● **What this task involves**:
From the entries below, transcribe exactly the lines between the line holding "[first, rest @" and the line holding "60 and a letter.", inclusive; skip all other lines.

------ Extracted records

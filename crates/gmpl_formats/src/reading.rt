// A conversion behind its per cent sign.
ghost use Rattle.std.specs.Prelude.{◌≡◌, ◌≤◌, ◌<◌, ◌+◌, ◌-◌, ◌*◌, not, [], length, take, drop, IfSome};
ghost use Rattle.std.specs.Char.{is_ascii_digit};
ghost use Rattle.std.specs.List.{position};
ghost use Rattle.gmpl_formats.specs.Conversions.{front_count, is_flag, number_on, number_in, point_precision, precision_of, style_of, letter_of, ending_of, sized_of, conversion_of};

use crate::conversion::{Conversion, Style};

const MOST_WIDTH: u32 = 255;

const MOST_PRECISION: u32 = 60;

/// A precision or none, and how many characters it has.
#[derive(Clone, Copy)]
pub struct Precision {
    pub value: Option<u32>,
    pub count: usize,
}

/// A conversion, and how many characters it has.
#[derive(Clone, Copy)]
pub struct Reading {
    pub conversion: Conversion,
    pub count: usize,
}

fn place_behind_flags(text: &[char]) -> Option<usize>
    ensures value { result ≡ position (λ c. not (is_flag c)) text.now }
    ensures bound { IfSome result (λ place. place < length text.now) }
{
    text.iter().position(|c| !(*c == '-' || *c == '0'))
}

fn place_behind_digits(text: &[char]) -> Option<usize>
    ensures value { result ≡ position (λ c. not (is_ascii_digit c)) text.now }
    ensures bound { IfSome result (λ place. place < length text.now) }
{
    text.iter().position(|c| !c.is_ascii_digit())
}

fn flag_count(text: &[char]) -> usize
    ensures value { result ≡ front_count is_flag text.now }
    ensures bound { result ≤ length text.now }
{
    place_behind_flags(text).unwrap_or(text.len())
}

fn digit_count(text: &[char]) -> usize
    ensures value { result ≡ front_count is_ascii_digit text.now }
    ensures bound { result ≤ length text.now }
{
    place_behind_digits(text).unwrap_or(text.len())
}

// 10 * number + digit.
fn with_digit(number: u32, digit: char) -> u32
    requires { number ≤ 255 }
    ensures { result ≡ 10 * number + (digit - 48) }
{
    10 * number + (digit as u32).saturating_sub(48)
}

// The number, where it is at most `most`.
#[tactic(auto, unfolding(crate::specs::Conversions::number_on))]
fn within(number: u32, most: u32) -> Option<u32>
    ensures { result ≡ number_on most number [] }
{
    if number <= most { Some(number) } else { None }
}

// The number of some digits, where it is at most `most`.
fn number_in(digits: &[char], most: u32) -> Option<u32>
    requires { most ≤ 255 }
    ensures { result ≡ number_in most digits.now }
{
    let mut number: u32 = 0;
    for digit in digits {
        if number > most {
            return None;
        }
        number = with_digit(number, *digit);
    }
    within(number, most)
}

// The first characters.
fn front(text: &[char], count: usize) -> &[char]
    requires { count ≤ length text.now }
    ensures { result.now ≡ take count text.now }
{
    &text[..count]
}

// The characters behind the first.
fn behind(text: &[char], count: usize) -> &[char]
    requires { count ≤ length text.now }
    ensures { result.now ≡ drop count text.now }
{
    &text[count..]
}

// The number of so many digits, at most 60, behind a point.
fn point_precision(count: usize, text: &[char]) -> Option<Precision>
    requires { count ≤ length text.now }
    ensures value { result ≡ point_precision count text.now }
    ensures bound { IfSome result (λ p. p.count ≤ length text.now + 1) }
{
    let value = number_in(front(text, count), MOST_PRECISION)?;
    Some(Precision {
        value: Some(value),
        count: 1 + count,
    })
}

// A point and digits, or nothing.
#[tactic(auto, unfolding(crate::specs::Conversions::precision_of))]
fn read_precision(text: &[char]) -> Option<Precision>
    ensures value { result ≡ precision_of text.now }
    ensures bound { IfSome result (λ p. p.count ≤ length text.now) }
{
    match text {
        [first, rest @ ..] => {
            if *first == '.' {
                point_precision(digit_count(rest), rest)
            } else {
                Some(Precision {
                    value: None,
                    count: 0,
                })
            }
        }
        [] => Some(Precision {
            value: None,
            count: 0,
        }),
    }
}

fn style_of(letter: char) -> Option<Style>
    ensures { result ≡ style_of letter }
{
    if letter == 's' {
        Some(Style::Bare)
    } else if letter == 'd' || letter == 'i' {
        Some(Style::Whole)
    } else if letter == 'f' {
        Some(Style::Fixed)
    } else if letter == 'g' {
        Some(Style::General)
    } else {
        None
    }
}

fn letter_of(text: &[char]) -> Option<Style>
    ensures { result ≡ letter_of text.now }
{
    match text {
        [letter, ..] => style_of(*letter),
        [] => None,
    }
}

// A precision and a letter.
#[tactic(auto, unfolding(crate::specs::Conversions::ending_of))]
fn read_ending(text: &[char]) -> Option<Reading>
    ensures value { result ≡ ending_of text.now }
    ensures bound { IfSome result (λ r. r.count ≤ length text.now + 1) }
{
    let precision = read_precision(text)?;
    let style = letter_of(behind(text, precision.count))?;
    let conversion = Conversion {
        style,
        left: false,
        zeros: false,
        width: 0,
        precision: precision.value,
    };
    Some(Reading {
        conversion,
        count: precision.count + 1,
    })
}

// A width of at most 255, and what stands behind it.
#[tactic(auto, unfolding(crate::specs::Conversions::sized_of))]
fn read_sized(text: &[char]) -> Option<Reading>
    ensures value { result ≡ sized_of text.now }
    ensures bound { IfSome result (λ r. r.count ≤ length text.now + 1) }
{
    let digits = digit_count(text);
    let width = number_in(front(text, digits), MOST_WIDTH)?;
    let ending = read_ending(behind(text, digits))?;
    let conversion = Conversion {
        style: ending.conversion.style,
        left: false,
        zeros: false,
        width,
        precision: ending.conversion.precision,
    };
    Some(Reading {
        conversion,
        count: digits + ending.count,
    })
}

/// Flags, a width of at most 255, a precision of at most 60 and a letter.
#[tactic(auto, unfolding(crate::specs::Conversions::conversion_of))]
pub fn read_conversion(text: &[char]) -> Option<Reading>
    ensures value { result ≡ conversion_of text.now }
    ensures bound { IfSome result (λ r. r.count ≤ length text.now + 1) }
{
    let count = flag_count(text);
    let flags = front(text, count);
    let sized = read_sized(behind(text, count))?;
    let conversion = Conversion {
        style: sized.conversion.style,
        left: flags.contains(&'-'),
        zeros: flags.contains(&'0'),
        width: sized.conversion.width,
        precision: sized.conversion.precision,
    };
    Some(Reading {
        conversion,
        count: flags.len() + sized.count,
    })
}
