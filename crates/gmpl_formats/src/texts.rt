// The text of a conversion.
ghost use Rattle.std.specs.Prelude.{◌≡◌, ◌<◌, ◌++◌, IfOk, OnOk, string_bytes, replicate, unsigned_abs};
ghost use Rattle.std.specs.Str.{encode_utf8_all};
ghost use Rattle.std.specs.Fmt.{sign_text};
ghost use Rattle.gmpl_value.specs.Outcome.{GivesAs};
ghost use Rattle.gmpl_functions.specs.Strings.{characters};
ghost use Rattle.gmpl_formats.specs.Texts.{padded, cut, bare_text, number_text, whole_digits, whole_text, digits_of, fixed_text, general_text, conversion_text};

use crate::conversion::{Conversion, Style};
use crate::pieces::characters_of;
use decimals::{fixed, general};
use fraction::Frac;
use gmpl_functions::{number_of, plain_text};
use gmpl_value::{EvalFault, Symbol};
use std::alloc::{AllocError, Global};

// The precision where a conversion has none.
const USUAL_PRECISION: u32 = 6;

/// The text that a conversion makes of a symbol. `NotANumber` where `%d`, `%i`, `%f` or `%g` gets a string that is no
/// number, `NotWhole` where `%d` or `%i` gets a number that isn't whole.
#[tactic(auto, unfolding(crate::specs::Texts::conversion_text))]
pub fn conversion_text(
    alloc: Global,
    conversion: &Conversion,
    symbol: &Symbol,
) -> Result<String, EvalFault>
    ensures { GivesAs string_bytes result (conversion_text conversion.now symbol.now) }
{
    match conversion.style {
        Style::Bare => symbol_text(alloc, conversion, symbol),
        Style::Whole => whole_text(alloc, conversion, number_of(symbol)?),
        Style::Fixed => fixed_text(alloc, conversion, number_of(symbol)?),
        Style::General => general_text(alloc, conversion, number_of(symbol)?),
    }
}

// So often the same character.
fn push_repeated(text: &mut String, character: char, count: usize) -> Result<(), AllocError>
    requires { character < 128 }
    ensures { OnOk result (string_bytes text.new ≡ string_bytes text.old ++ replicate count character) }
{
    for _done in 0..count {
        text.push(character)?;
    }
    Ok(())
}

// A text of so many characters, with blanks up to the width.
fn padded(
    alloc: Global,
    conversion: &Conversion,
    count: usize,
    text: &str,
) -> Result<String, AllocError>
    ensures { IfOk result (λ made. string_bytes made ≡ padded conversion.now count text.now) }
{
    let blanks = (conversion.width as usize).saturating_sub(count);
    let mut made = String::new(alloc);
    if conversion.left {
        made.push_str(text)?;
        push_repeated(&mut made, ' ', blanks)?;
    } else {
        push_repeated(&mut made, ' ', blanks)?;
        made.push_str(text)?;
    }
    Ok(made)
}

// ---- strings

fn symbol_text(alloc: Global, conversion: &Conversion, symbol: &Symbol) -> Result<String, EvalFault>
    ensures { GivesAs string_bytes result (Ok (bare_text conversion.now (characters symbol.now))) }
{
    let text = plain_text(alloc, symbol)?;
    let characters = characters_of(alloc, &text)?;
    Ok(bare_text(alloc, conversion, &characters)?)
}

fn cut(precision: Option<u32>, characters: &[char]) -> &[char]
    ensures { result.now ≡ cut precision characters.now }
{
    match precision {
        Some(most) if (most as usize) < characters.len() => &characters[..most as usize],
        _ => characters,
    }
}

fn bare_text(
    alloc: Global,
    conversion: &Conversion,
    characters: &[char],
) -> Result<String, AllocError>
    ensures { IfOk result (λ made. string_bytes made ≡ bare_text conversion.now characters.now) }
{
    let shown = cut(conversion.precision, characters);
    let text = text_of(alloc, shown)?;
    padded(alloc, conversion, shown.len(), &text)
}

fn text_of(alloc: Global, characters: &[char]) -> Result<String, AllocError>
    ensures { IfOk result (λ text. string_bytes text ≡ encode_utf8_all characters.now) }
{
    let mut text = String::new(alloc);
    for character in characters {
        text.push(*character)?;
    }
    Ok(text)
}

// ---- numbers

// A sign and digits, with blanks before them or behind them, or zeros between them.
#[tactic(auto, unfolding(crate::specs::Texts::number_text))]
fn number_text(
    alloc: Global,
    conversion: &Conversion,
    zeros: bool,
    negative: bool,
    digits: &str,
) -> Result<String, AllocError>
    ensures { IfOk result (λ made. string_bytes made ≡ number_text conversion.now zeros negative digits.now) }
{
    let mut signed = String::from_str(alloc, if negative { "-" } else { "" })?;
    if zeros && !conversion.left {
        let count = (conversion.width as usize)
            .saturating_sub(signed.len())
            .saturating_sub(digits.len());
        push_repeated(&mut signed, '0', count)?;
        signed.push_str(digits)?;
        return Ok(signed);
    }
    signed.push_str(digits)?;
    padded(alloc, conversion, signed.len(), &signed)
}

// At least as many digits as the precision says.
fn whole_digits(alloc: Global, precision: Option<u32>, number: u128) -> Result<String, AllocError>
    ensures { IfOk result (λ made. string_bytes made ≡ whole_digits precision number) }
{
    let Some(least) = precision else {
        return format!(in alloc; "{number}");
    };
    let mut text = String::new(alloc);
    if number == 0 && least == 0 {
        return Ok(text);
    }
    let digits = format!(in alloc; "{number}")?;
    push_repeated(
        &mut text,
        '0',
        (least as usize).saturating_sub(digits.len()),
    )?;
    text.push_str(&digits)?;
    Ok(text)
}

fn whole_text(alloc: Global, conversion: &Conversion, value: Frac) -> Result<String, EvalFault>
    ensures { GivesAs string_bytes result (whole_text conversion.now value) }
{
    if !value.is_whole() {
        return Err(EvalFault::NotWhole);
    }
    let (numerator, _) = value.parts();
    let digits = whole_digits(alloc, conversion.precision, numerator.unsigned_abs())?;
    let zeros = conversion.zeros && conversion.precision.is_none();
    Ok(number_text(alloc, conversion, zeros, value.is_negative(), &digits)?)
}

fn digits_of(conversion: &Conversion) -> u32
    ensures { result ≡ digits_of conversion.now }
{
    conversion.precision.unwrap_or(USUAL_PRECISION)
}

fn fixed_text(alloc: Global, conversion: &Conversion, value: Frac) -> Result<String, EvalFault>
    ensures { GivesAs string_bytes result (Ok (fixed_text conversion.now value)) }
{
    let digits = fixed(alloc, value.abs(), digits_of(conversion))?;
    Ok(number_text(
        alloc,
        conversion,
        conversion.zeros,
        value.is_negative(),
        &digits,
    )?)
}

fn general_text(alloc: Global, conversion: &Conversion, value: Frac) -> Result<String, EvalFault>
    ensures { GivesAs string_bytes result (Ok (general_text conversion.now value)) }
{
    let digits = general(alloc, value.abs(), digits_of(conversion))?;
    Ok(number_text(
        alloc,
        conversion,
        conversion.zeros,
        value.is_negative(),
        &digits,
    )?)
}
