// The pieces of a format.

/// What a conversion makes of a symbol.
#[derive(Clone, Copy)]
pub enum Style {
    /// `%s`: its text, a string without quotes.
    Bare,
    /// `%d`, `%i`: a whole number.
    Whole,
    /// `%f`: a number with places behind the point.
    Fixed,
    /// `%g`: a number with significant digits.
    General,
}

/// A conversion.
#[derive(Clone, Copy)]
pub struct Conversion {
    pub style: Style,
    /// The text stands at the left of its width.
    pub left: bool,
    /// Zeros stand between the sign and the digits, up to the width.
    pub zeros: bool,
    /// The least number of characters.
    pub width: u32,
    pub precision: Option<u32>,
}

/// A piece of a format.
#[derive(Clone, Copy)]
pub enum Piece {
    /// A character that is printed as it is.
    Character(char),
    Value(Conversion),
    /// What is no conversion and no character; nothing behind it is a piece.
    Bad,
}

------------

● **Reply to the task**:
        [first, rest @ ..] => {
            if *first == '.' {
                point_precision(digit_count(rest), rest)
            } else {
                Some(Precision {
                    value: None,
                    count: 0,
                })
            }
        }
        [] => Some(Precision {
            value: None,
            count: 0,
        }),
    }
}

fn style_of(letter: char) -> Option<Style>
    ensures { result ≡ style_of letter }
{
    if letter == 's' {
        Some(Style::Bare)
    } else if letter == 'd' || letter == 'i' {
        Some(Style::Whole)
    } else if letter == 'f' {
        Some(Style::Fixed)
    } else if letter == 'g' {
        Some(Style::General)
    } else {
        None
    }
}

fn letter_of(text: &[char]) -> Option<Style>
    ensures { result ≡ letter_of text.now }
{
    match text {
        [letter, ..] => style_of(*letter),
        [] => None,
    }
}

// A precision and a letter.
#[tactic(auto, unfolding(crate::specs::Conversions::ending_of))]
fn read_ending(text: &[char]) -> Option<Reading>
    ensures value { result ≡ ending_of text.now }
    ensures bound { IfSome result (λ r. r.count ≤ length text.now + 1) }
{
    let precision = read_precision(text)?;
    let style = letter_of(behind(text, precision.count))?;
    let conversion = Conversion {
        style,
        left: false,
        zeros: false,
        width: 0,
        precision: precision.value,
    };
    Some(Reading {
        conversion,
        count: precision.count + 1,
    })
}

// A width of at most 255, and what stands behind it.
#[tactic(auto, unfolding(crate::specs::Conversions::sized_of))]
fn read_sized(text: &[char]) -> Option<Reading>
    ensures value { result ≡ sized_of text.now }
    ensures bound { IfSome result (λ r. r.count ≤ length text.now + 1) }
{
    let digits = digit_count(text);
    let width = number_in(front(text, digits), MOST_WIDTH)?;
    let ending = read_ending(behind(text, digits))?;
    let conversion = Conversion {
        style: ending.conversion.style,
        left: false,
        zeros: false,
        width,
        precision: ending.conversion.precision,
    };
    Some(Reading {
        conversion,
        count: digits + ending.count,
    })
}

/// Flags, a width of at most 255, a precision of at most 60 and a letter.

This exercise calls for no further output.